Comparative Study of Hydrothermal and Sonochemical Preparation of Cu and Ag Codoped ZnO/Graphene Nanocomposites for Enhanced Catalytic and Inactivation of Pathogens

Developing high‐performing photocatalysts and composites generate synergetic effects in modern photocatalysis. Zinc oxide (ZnO) is a promising photocatalyst; however, its wide bandgap and high charge carrier recombination rate significantly limit its visible‐light activity and overall photocatalytic efficiency. To overcome these challenges, this study focuses on the synthesis of Cu–Ag codoped ZnO/graphene nanocomposites using both hydrothermal and sonochemical methods, aiming to regulate the interfacial interaction and enhance charge separation.
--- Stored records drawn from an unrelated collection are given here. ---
//! The first word that is refused.

ghost use Rattle.std.specs.Prelude.{◌≡◌, []};
ghost use Rattle.elan_cli.specs.Line as spec;
ghost use Rattle.elan_cli.specs.Words.{texts};

use crate::fault::WordsRefusal;
use crate::number::number;
use crate::setting::Setting;
use crate::word::{has_dash, is_flag, is_of, setting_of, value_in, wanted_by};

/// Whether one of the words is the flag.
pub(crate) fn has_flag(words: &[String]) -> bool
    ensures { result ≡ spec.has_flag (texts words.now) }
{
    words.iter().any(|word| is_flag(word.as_str()))
}

/// Whether one of the words names the option.
fn has_setting(setting: Setting, words: &[String]) -> bool
    ensures { result ≡ spec.has_setting setting (texts words.now) }
{
    words.iter().any(|word| is_of(setting, word.as_str()))
}

/// The option whose value a word behind these is, where it does not begin with `-`.
fn wanted(before: &[String]) -> Option<Setting>
    ensures { result ≡ spec.wanted (texts before.now) }
{
    match before.last() {
        Some(word) => wanted_by(word.as_str()),
        None => None,
    }
}

/// Whether the first of the words is a value.
fn begins_with_value(words: &[String]) -> bool
    ensures { result ≡ spec.begins_with_value (texts words.now) }
{
    match words.first() {
        Some(word) => !has_dash(word.as_str()),
        None => false,
    }
}

/// Why the value of the option is refused, which word number `at` holds.
fn mistake_in_value(plain: bool, at: u64, setting: Setting, value: &str) -> Option<WordsRefusal>
    ensures { result ≡ spec.mistake_in_value plain at setting value.now }
{
    match number(value, setting.most(plain)) {
        Some(_) => None,
        None => Some(WordsRefusal::OutOfRange(at)),
    }
}

/// Why the flag is refused behind these words.
fn mistake_in_flag(before: &[String]) -> Option<WordsRefusal>
    ensures { result ≡ spec.mistake_in_flag (texts before.now) }
{
    if has_flag(before) {
        Some(WordsRefusal::Repeated(before.len() as u64))
    } else {
        None
    }
}

/// Why a word that names the option is refused, between the words before it and those after it.
fn mistake_in_setting(
    plain: bool,
    before: &[String],
    setting: Setting,
    word: &str,
    after: &[String],
) -> Option<WordsRefusal>
    ensures { result
        ≡ spec.mistake_in_setting plain (texts before.now) setting word.now (texts after.now) }
{
    let at = before.len() as u64;
    if has_setting(setting, before) {
        return Some(WordsRefusal::Repeated(at));
    }
    match value_in(word) {
        Some(value) => mistake_in_value(plain, at, setting, value),
        None if begins_with_value(after) => None,
        None => Some(WordsRefusal::NoValue(at)),
    }
}

/// Why a word that is no value is refused, between the words before it and those after it.
fn mistake_in_name(
    plain: bool,
    before: &[String],
    word: &str,
    after: &[String],
) -> Option<WordsRefusal>
    ensures { result ≡ spec.mistake_in_name plain (texts before.now) word.now (texts after.now) }
{
    if is_flag(word) {
        return mistake_in_flag(before);
    }
    match setting_of(word) {
        Some(setting) => mistake_in_setting(plain, before, setting, word, after),
        None => Some(WordsRefusal::Unknown(before.len() as u64)),
    }
}

/// The option whose value the word is, behind these words.
fn valued(before: &[String], word: &str) -> Option<Setting>
    ensures { result ≡ spec.valued (texts before.now) word.now }
{
    if has_dash(word) { None } else { wanted(before) }
}

/// Why the word is refused, between the words before it and those after it.
fn mistake(plain: bool, before: &[String], word: &str, after: &[String]) -> Option<WordsRefusal>
    ensures { result ≡ spec.mistake plain (texts before.now) word.now (texts after.now) }
{
    match valued(before, word) {
        Some(setting) => mistake_in_value(plain, before.len() as u64, setting, word),
        None => mistake_in_name(plain, before, word, after),
    }
}

/// Why the first word that is refused is so, from the left.
pub(crate) fn first_mistake(plain: bool, words: &[String]) -> Option<WordsRefusal>
    ensures { result ≡ spec.first_mistake plain [] (texts words.now) }
{
    'words: for at in 0..words.len() {
        let before = &words[..at];
        let after = &words[at + 1..];
        let found = mistake(plain, before, words[at].as_str(), after);
        if found.is_some() {
            return found;
        }
    }
    None
}
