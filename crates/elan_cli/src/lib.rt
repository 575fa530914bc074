//! The words of the command line, read as options.
#![tactic(auto)]

mod command;
mod fault;
mod given;
pub mod laws;
mod line;
mod mistake;
mod number;
mod setting;
mod word;

pub use fault::WordsRefusal;
pub use given::Options;
pub use line::options;
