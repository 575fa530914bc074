//! The options that take a value.

ghost use Rattle.std.specs.Prelude.{◌≡◌};
ghost use Rattle.elan_cli.specs.Settings as spec;

/// An option that takes a value.
#[derive(Clone, Copy, Debug, PartialEq, Eq)]
pub(crate) enum Setting {
    /// How many workers there are.
    Workers,
    /// How many items are written at most.
    Limit,
    /// How many steps a path may take.
    Steps,
    /// The number of the generated input.
    Demo,
}

impl Setting {
    /// The name of the option.
    pub(crate) fn name(self) -> &'static str
        ensures { result.now ≡ spec.name_of self }
    {
        match self {
            Setting::Workers => "workers",
            Setting::Limit => "limit",
            Setting::Steps => "steps",
            Setting::Demo => "demo",
        }
    }

    /// How the option is written.
    pub(crate) fn written(self) -> &'static str
        ensures { result.now ≡ spec.written self }
    {
        match self {
            Setting::Workers => "--workers",
            Setting::Limit => "--limit",
            Setting::Steps => "--steps",
            Setting::Demo => "--demo",
        }
    }

    /// The greatest number that the option may have.
    pub(crate) fn most(self, plain: bool) -> u32
        ensures { result ≡ spec.most plain self }
    {
        match self {
            Setting::Workers => 64,
            Setting::Limit => 1_000_000,
            Setting::Steps => most_steps(plain),
            Setting::Demo => 200,
        }
    }
}

/// The greatest number of steps.
fn most_steps(plain: bool) -> u32
    ensures { result ≡ spec.most_steps plain }
{
    if plain { 1_000 } else { 1_000_000 }
}

/// The number of steps where none is given.
pub(crate) fn usual_steps(plain: bool) -> u32
    ensures { result ≡ spec.usual_steps plain }
{
    if plain { 1_000 } else { 10_000 }
}
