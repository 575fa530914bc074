//! The options that words give.

ghost use Rattle.std.specs.Prelude.{◌≡◌, [], IfOk, None, option_and_then};
ghost use Rattle.clap.specs.Words.{first_value, found_of};
ghost use Rattle.elan_cli.specs.Line as spec;
ghost use Rattle.elan_cli.specs.Settings.{most, name_of};
ghost use Rattle.elan_cli.specs.Words.{number, texts};

use crate::command::matches;
use crate::number::number;
use crate::setting::{Setting, usual_steps};
use clap::ArgMatches;
use elan_text::NoMemory;
use std::alloc::Global;

/// What the words ask for.
#[derive(Clone, Copy, Debug, PartialEq, Eq)]
pub struct Options {
    /// How many workers there are, from 1 to 64. Without effect where `plain` is set.
    pub workers: u32,
    /// How many items are written at most, from 1 to 1,000,000.
    pub limit: u32,
    /// How many steps each path may take, from 1 to 1,000,000, and to 1,000 where `plain` is set.
    pub steps: u32,
    /// Whether the plain engine runs.
    pub plain: bool,
    /// The number of the generated input, from 1 to 200, where that is asked for.
    pub demo: Option<u32>,
}

/// The number that the matches give the option.
fn given(plain: bool, setting: Setting, matches: &ArgMatches<'_>) -> Option<u32>
    ensures { result ≡ option_and_then (number (most plain setting))
        (first_value (found_of matches.now) (name_of setting)) }
{
    match matches.get_str(setting.name()) {
        Some(value) => number(value, setting.most(plain)),
        None => None,
    }
}

/// The options that the words give, with those that they leave out as usual. The words are not
/// refused.
pub(crate) fn read(alloc: Global, plain: bool, words: &[String]) -> Result<Options, NoMemory>
    requires { spec.first_mistake plain [] (texts words.now) ≡ None }
    ensures { IfOk result (λ o. o ≡ spec.read plain (texts words.now)) }
{
    let matches = matches(alloc, plain, words)?;
    Ok(Options {
        workers: given(plain, Setting::Workers, &matches).unwrap_or(1),
        limit: given(plain, Setting::Limit, &matches).unwrap_or(1_000_000),
        steps: given(plain, Setting::Steps, &matches).unwrap_or(usual_steps(plain)),
        plain,
        demo: given(plain, Setting::Demo, &matches),
    })
}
The hydrothermally synthesized (CAZ/Gr) H composite exhibited a lower bandgap, improved carrier transfer efficiency, and stronger Zn–O–C interfacial bonding compared to the sonochemically prepared (CAZ/Gr) S sample. Density functional theory (DFT) calculations confirmed the reduced work function and enhanced electron mobility in the hydrothermal system. Under natural sunlight, the (CAZ/Gr) H composite demonstrated superior photocatalytic degradation of organic dyes and excellent antibacterial activity against E. coli and S. aureus . These findings highlight the effectiveness of interface‐regulated, green‐synthesized ZnO‐based nanocomposites in addressing the fundamental limitations of traditional ZnO photocatalysts.